> **TASK STATEMENT**
All of the entries must be output exactly as they are.
[INFORMATION GIVEN Boundary: Start]
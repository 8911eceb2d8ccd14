// The faces of a family, in a net that a round made: where the eight halves of the sides of the face that was split are plain, so are all eight edges of each of its faces,
// and one direction is enough.
#![tactic(auto)]

ghost use Rattle.std.specs.Prelude.{◌≡◌, true, ◌+◌, ◌*◌, ◌/◌, ◌%◌, ◌≤◌, ◌<◌, length};
ghost use Rattle.curve.specs.Weights.{tension};
ghost use Rattle.topology.specs.Shape.{quads};
ghost use Rattle.tables.specs.Tables.{Written};
ghost use Rattle.coordinates.specs.Points.{put_point};
ghost use Rattle.roundfaces.specs.Faces.{refined_by, FaceIn};
ghost use Rattle.facerules.specs.Faces.{face_coordinate};
ghost use Rattle.familyfaces.specs.Family.{FamilyTable, PlainSides, put_family};

use facerules::RoundEdges;

// The edges of a round, in a net that a round made.
#[derive(Clone, Copy)]
pub struct FamilyEdges<'a> {
    pub round: RoundEdges<'a>,
    pub ghost made: { FamilyTable round.half_edges round.work.now },
}

impl<'a> FamilyEdges<'a> {
    // Writes the point of face f of a plain family, where q is the face before it: side 1 of q is the edge of its side 2, and side 3 of q the half beyond that.
    fn family_face(self, out: &mut [i32], f: usize, q: usize)
        requires face { (4 * f < self.round.half_edges) × (q ≡ quads.prev f) × PlainSides self.round.half_edges self.round.work.now (f / 4) }
        requires room { 3 * f + 3 ≤ length out.old }
        ensures { out.new ≡ put_point out.old f (face_coordinate (tension self.entry.round.tension) self.entry.round.half_edges self.entry.round.work.now 0 f) (face_coordinate (tension self.entry.round.tension) self.entry.round.half_edges self.entry.round.work.now 1 f) (face_coordinate (tension self.entry.round.tension) self.entry.round.half_edges self.entry.round.work.now 2 f) }
    {
        let round = self.round;
        let o = round.beyond(4 * f);
        let p = round.entry_at(4 * f);
        let r = round.entry_at(4 * q + 1);
        let v = round.entry_at(4 * q + 3);
        facepoints::plain_face(
            &mut *out,
            round.work,
            round.half_edges,
            o,
            p,
            r,
            v,
            f,
            round.tension,
        );
    }

    // Writes the points of the four faces of a plain family, the last first: the faces from f on.
    fn family_points(self, out: &mut [i32], f: usize)
        requires sides { PlainSides self.round.half_edges self.round.work.now (f / 4) × (f % 4 ≡ 0) }
        requires room { (4 * f + 16 ≤ self.round.half_edges) × (3 * f + 12 ≤ length out.old) }
        ensures { out.new ≡ put_family (face_coordinate (tension self.entry.round.tension) self.entry.round.half_edges self.entry.round.work.now) out.old f }
    {
        self.family_face(&mut *out, f + 3, f + 2);
        self.family_face(&mut *out, f + 2, f + 1);
        self.family_face(&mut *out, f + 1, f);
        self.family_face(&mut *out, f, f + 3);
    }

    // Writes the points and the refined corners of the four faces of a plain family, the last first: the faces from f on.
    pub fn refine_family(self, out: &mut [i32], faces: &mut [u32], v: usize, edges: usize, f: usize)
        requires sides { PlainSides self.round.half_edges self.round.work.now (f / 4) × (f % 4 ≡ 0) }
        requires face_in { FaceIn self.round.half_edges v edges f faces.old self.round.work.now × (4 * f + 16 ≤ self.round.half_edges) × (3 * f + 12 ≤ length out.old) }
        ensures out_after { out.new ≡ put_family (face_coordinate (tension self.entry.round.tension) self.entry.round.half_edges self.entry.round.work.now) out.old f }
        ensures written { Written (16 * f) (16 * f + 64) (refined_by self.entry.round.half_edges v edges faces.old self.entry.round.work.now) faces.old faces.new }
    {
        let work = self.round.work;
        let n = self.round.half_edges;
        self.family_points(&mut *out, f);
        roundfaces::refine_face(&mut *faces, work, n, v, edges, f + 3);
        roundfaces::refine_face(&mut *faces, work, n, v, edges, f + 2);
        roundfaces::refine_face(&mut *faces, work, n, v, edges, f + 1);
        roundfaces::refine_face(&mut *faces, work, n, v, edges, f);
    }

    // Whether the eight halves of the sides of the face that was split are plain, as their sum tells.
    pub fn plain_family(self, f: usize) -> bool
        requires { (4 * f + 16 ≤ self.round.half_edges) × (f % 4 ≡ 0) }
        ensures { result ≡ true → PlainSides self.entry.round.half_edges self.entry.round.work.now (f / 4) }
    {
        let round = self.round;
        let h = 4 * f;
        let s = round.entry_at(h)
            + round.entry_at(h + 3)
            + round.entry_at(h + 4)
            + round.entry_at(h + 7);
        let u = round.entry_at(h + 8)
            + round.entry_at(h + 11)
            + round.entry_at(h + 12)
            + round.entry_at(h + 15);
        edgeentries::is_plain(s + u)
    }
}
[INFORMATION GIVEN Boundary: End]
> **SOLUTION FOR THIS PROBLEM**
repository 8911eceb2d8ccd14
// The faces of a family, in a net that a round made: where the eight halves of the sides of the face that was split are plain, so are all eight edges of each of its faces,
// and one direction is enough.
#![tactic(auto)]

ghost use Rattle.std.specs.Prelude.{◌≡◌, true, ◌+◌, ◌*◌, ◌/◌, ◌%◌, ◌≤◌, ◌<◌, length};
ghost use Rattle.curve.specs.Weights.{tension};
ghost use Rattle.topology.specs.Shape.{quads};
ghost use Rattle.tables.specs.Tables.{Written};
ghost use Rattle.coordinates.specs.Points.{put_point};
ghost use Rattle.roundfaces.specs.Faces.{refined_by, FaceIn};
ghost use Rattle.facerules.specs.Faces.{face_coordinate};
ghost use Rattle.familyfaces.specs.Family.{FamilyTable, PlainSides, put_family};

use facerules::RoundEdges;

// The edges of a round, in a net that a round made.
#[derive(Clone, Copy)]
pub struct FamilyEdges<'a> {
    pub round: RoundEdges<'a>,
    pub ghost made: { FamilyTable round.half_edges round.work.now },
}

impl<'a> FamilyEdges<'a> {
    // Writes the point of face f of a plain family, where q is the face before it: side 1 of q is the edge of its side 2, and side 3 of q the half beyond that.
    fn family_face(self, out: &mut [i32], f: usize, q: usize)
        requires face { (4 * f < self.round.half_edges) × (q ≡ quads.prev f) × PlainSides self.round.half_edges self.round.work.now (f / 4) }
        requires room { 3 * f + 3 ≤ length out.old }
        ensures { out.new ≡ put_point out.old f (face_coordinate (tension self.entry.round.tension) self.entry.round.half_edges self.entry.round.work.now 0 f) (face_coordinate (tension self.entry.round.tension) self.entry.round.half_edges self.entry.round.work.now 1 f) (face_coordinate (tension self.entry.round.tension) self.entry.round.half_edges self.entry.round.work.now 2 f) }
    {
        let round = self.round;
        let o = round.beyond(4 * f);
        let p = round.entry_at(4 * f);
        let r = round.entry_at(4 * q + 1);
        let v = round.entry_at(4 * q + 3);
        facepoints::plain_face(
            &mut *out,
            round.work,
            round.half_edges,
            o,
            p,
            r,
            v,
            f,
            round.tension,
        );
    }

    // Writes the points of the four faces of a plain family, the last first: the faces from f on.
    fn family_points(self, out: &mut [i32], f: usize)
        requires sides { PlainSides self.round.half_edges self.round.work.now (f / 4) × (f % 4 ≡ 0) }
        requires room { (4 * f + 16 ≤ self.round.half_edges) × (3 * f + 12 ≤ length out.old) }
        ensures { out.new ≡ put_family (face_coordinate (tension self.entry.round.tension) self.entry.round.half_edges self.entry.round.work.now) out.old f }
    {
        self.family_face(&mut *out, f + 3, f + 2);
        self.family_face(&mut *out, f + 2, f + 1);
        self.family_face(&mut *out, f + 1, f);
        self.family_face(&mut *out, f, f + 3);
    }

    // Writes the points and the refined corners of the four faces of a plain family, the last first: the faces from f on.
    pub fn refine_family(self, out: &mut [i32], faces: &mut [u32], v: usize, edges: usize, f: usize)
        requires sides { PlainSides self.round.half_edges self.round.work.now (f / 4) × (f % 4 ≡ 0) }
        requires face_in { FaceIn self.round.half_edges v edges f faces.old self.round.work.now × (4 * f + 16 ≤ self.round.half_edges) × (3 * f + 12 ≤ length out.old) }
        ensures out_after { out.new ≡ put_family (face_coordinate (tension self.entry.round.tension) self.entry.round.half_edges self.entry.round.work.now) out.old f }
        ensures written { Written (16 * f) (16 * f + 64) (refined_by self.entry.round.half_edges v edges faces.old self.entry.round.work.now) faces.old faces.new }
    {
        let work = self.round.work;
        let n = self.round.half_edges;
        self.family_points(&mut *out, f);
        roundfaces::refine_face(&mut *faces, work, n, v, edges, f + 3);
        roundfaces::refine_face(&mut *faces, work, n, v, edges, f + 2);
        roundfaces::refine_face(&mut *faces, work, n, v, edges, f + 1);
        roundfaces::refine_face(&mut *faces, work, n, v, edges, f);
    }

    // Whether the eight halves of the sides of the face that was split are plain, as their sum tells.
    pub fn plain_family(self, f: usize) -> bool
        requires { (4 * f + 16 ≤ self.round.half_edges) × (f % 4 ≡ 0) }
        ensures { result ≡ true → PlainSides self.entry.round.half_edges self.entry.round.work.now (f / 4) }
    {
        let round = self.round;
        let h = 4 * f;
        let s = round.entry_at(h)
            + round.entry_at(h + 3)
            + round.entry_at(h + 4)
            + round.entry_at(h + 7);
        let u = round.entry_at(h + 8)
            + round.entry_at(h + 11)
            + round.entry_at(h + 12)
            + round.entry_at(h + 15);
        edgeentries::is_plain(s + u)
    }
}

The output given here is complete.